Было от чего терять голову и как сладостно иногда совсем ее терять. Конечно, он не был красавцем. Не очень высок, не идеально строен. Но на него почему-то оглядывались женщины, и она ревновала. И кто встречал его хоть однажды, запоминал навсегда, такое лицо у него было притягивающее, такой взгляд. Но нет больше этого лица. Его похоронили и даже не позволили посмотреть в последний раз. Сказали: нельзя. Спеленутого с головой в белый саван, Гая, под молитвенные песнопения, опустили вниз, в серую бетонную коробку, быстро закидали землей, обхлопали лопатами продолговатый холмик и снова прочитали нараспев молитву. Положили в изголовье камешки. Много камешков – людей было много. И каждый вдавливал свой камешек в свежую рассыпчатую, смешанную с песком землю, и Герде казалось, что каждый приговаривал про себя: «Лежи тут. Не вставай». Мол, раз умер, то не суетись. Ведь каждый рад, что не его туда, вниз, опустили и присыпали сверху, очередь, слава Богу, не подошла еще, и каждый втайне надеялся вопреки рассудку – может, и не подойдет… Придет-придет, с непонятным самой злорадством думала Герда, рассматривая опухшими, но бесслезными глазами лица окруживших могилу родственников, знакомых, приятелей и приятельниц. Слез у нее не было с утра похорон, наверное, накануне кончились, слишком много их вылилось, вот и кончились. Ну что они тут стоят, пора бы и разойтись, оставить ее одну, с Гаем. Он никому не нужен был, кроме нее. Даже его родителям. Они не понимали его. Его стремления к независимости, выражавшемся в холодноватой отчужденности. Тем более не понимали его нелюбви к дальним путешествиям, поскольку сами вечно отсутствовали. А уж тем более не понимали его страсть – строить домики. Он строил их всегда, сколько помнил себя. Из картонок, из спичек, из камешков, из всего, что под руку попадалось. Но только не из «Лего» – цветных кирпичиков детского конструктора. Гай рассказывал, что с детства их презирал, потому что готовое . Ему нужно было сделать всё самому, добыть, найти и построить своими руками. Придумать дизайн, подобрать подходящий материал, собрать, склеить, в конце сделать дверь и прикрепить на крышу флажок. Если флажок отсутствует, значит, домик еще не готов, предстоят еще доделки. Готовые домики с разноцветными флажками на крышах стояли в квартире повсюду: на камине, на полках, на подоконниках, на специально сделанном Гаем стеллаже. Когда домиков накапливалось слишком много, Гай укладывал их в большой сундук на террасе, в сундуке он тоже сделал внутри полочки.

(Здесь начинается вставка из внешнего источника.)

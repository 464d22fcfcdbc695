// The amendment of a region list: where a stretch of a text is replaced between two joints, the list of the edited text is made from
// the old list and the replacement alone. Of the old text only its length and the two bytes before each cut are read.
#![tactic(auto)]

mod joints; // where an amendment may cut
pub mod own; // the replacement's own regions
mod rows; // a list as rows of two numbers

ghost use Rattle.common.specs.Entry.{wide};
ghost use Rattle.common.specs.Lists.{Wrote};
ghost use Rattle.common.specs.Refusals.{told};
ghost use Rattle.region.specs.Region.{row};
ghost use Rattle.rules.specs.Columns.{columns_of};
ghost use Rattle.rules.specs.Tables.{gram_in};
ghost use Rattle.amend.specs.Amended.{edit, regions_in, list_regions, Amended};
ghost use Rattle.amend.specs.Parts.{JudgedEdit, Judged, CutsReady, parts, Roomy, Settled};

use common::grammar::Grammar;
use common::list::WIDE;
use common::refusal::Refusal;
use common::span::MAX_INPUT_LEN;
use cover::shape::is_misshapen;
use joint::{is_left_open, marks_line_end};
use joints::is_off_joint;
use own::{survey, write_own};
use rows::{copy_rows, starts_before};
use rules::columns::RuleColumns;
use rules::tables::Tables;

// What is wrong with the rules: columns differ; a line end escapes or opens.
#[derive(Clone, Copy)]
pub struct Flaws {
    pub unequal: bool,
    pub marked: bool,
}

// Where a text of `len` bytes is cut.
#[derive(Clone, Copy)]
pub struct Cuts {
    pub first: usize,
    pub second: usize,
    pub len: usize,
}

// Of a list's `count` rows those before row `before` are kept, and those from row `after` on are moved.
#[derive(Clone, Copy)]
pub struct Split {
    pub before: usize,
    pub after: usize,
    pub count: usize,
}

// The refusals that the texts' lengths, the columns and the cuts decide, in the page's order.
pub fn judge_edit(
    old: &[u8],
    first: usize,
    second: usize,
    text: &[u8],
    unequal: bool,
) -> Result<(), Refusal>
    ensures { JudgedEdit old.now (edit first second text.now) unequal result }
{
    let len = old.len();
    if len > MAX_INPUT_LEN {
        return Err(Refusal::TextTooLong);
    }
    if text.len() > MAX_INPUT_LEN {
        return Err(Refusal::TextTooLong);
    }
    if unequal {
        return Err(Refusal::ColumnsDiffer);
    }
    if first > second {
        return Err(Refusal::CutsOutOfOrder);
    }
    if second > len {
        return Err(Refusal::CutsOutOfOrder);
    }
    if len - (second - first) + text.len() > MAX_INPUT_LEN {
        return Err(Refusal::TextTooLong);
    }
    Ok(())
}

// These, and then those that the list, the rules and the bytes before the cuts decide.
fn judge(
    old: &[u8],
    list: &[u32],
    count: usize,
    first: usize,
    second: usize,
    text: &[u8],
    flaws: Flaws,
    eol: u8,
) -> Result<(), Refusal>
    ensures { Judged eol old.now list.now count (edit first second text.now) flaws.unequal
        flaws.marked result }
{
    match judge_edit(old, first, second, text, flaws.unequal) {
        Err(r) => Err(r),
        Ok(()) => {
            if is_misshapen(list, count, old.len()) {
                return Err(Refusal::ListMisshapen);
            }
            if flaws.marked {
                return Err(Refusal::LineEndMark);
            }
            if is_off_joint(old, list, count, first, second, eol) {
                return Err(Refusal::NotAtJoint);
            }
            Ok(())
        }
    }
}

// Writes the list of the edited text: the rows that are kept; the replacement's own regions, moved up by the first cut; the last rows,
// moved by the change in length. Answers their number.
fn write(
    list: &[u32],
    split: Split,
    cuts: Cuts,
    text: &[u8],
    tables: &Tables,
    out: &mut [u32],
) -> usize
    requires { Roomy wide (gram_in tables.now) list.now split cuts text.now out.old }
    ensures { Wrote row (parts (gram_in tables.now) list.now split cuts
        text.now) out.old out.new result }
{
    let kept = copy_rows(list, 0, split.before, 0, 0, out, 0);
    let own = write_own(text, cuts.first, tables, out, kept);
    copy_rows(
        list,
        split.after,
        split.count,
        cuts.second,
        cuts.first + text.len(),
        out,
        own,
    )
}

// The refusals that the replacement and the room decide, 8 before 3, for cuts that may be made; else the list written. A counting pass
// over the replacement goes before, since nothing may be written where either refuses.
fn settle(
    list: &[u32],
    count: usize,
    cuts: Cuts,
    text: &[u8],
    tables: &Tables,
    out: &mut [u32],
) -> Result<usize, Refusal>
    requires { CutsReady list.now count cuts text.now }
    ensures { Settled tables.now.alphabet.grammar.eol cuts.len (list_regions (gram_in tables.now))
        (regions_in count list.now) (edit cuts.first cuts.second text.now) out.old
        out.new (told result) }
{
    let own = survey(text, tables);
    let left_open = is_left_open(
        cuts.second < cuts.len,
        text,
        own.reaching,
        tables.alphabet.grammar.eol,
    );
    let before = starts_before(list, count, cuts.first);
    let after = starts_before(list, count, cuts.second);
    let total = before + own.count + (count - after);
    if left_open {
        return Err(Refusal::ReplacementOpen);
    }
    if out.len() / WIDE < total {
        return Err(Refusal::NoRoom);
    }
    let split = Split {
        before,
        after,
        count,
    };
    Ok(write(list, split, cuts, text, tables, out))
}

// Amends the list of an old text, whose first `count` regions it has, for the text in which the bytes from the first cut up to the
// second are replaced by `text`: writes to `out` the regions that start before the first cut; the replacement's own, moved up by the
// first cut; unless the second cut is the text's end, those that start at or after it, moved by the change in length. Answers their
// number, and changes nothing beyond them. A refusal (1 a text is too long, 6 columns differ, 4 cuts out of order, 1 the edited text is
// too long, 5 the list is misshapen, 9 a line end escapes or opens, 7 a cut is not at a joint, 8 the replacement is open at its end, 3
// too little room) changes nothing.
pub fn amend(
    old: &[u8],
    list: &[u32],
    count: usize,
    first: usize,
    second: usize,
    text: &[u8],
    g: Grammar,
    rules: RuleColumns<u32>,
    out: &mut [u32],
) -> Result<usize, Refusal>
    ensures { Amended g (columns_of (λ l. l) rules.entry) old.now list.now count
        (edit first second text.now) out.old out.new (told result) }
{
    let inline = rules.inline;
    let flaws = Flaws {
        unequal: rules.differ(),
        marked: marks_line_end(g.eol, g.escape, inline.symmetric, inline.openers),
    };
    match judge(old, list, count, first, second, text, flaws, g.eol) {
        Err(r) => Err(r),
        Ok(()) => {
            let cuts = Cuts {
                first,
                second,
                len: old.len(),
            };
            settle(list, count, cuts, text, &Tables::of(g, rules), out)
        }
    }
}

Друзья-приятели слегка подсмеивались над странным пристрастием Гая, но с самого начала, как только Гай снял эту небольшую квартиру, и они стали жить вместе, Герда выразила свое восхищение его «строительством», и такое счастье отразилось на лице Гая – его поняли. Странно ей было, что другие не понимали. Просто у Гая никогда не было своего дома. Родители археологи всегда были в разъездах по миру, маленького Гая подкидывали к разным родственникам по очереди и всегда получалось, что надолго. Они будто временами забывали о существовании сына и переезжали, перелетали из одной страны в другую, из одной точки земного шара в другую точку, где-нибудь по пути отправляя денежные чеки на содержание Гая. А однажды, вернувшись из очередного отсутствия и внимательно разглядев своего выросшего сына, уже заканчивавшего школу и готовящегося поступать в университет на математическое отделение, удивились его образованности, начитанности и еще большей замкнутости и не прошедшей страсти к домикам. Откровенно посмеялись и отправились в очередное путешествие. Откуда уже не вернулись. Где-то в египетской пустыне на экспедицию напали грабители и перестреляли всю группу археологов, которые изучали найденные в раскопках очередной гробницы золотые и серебряные изделия.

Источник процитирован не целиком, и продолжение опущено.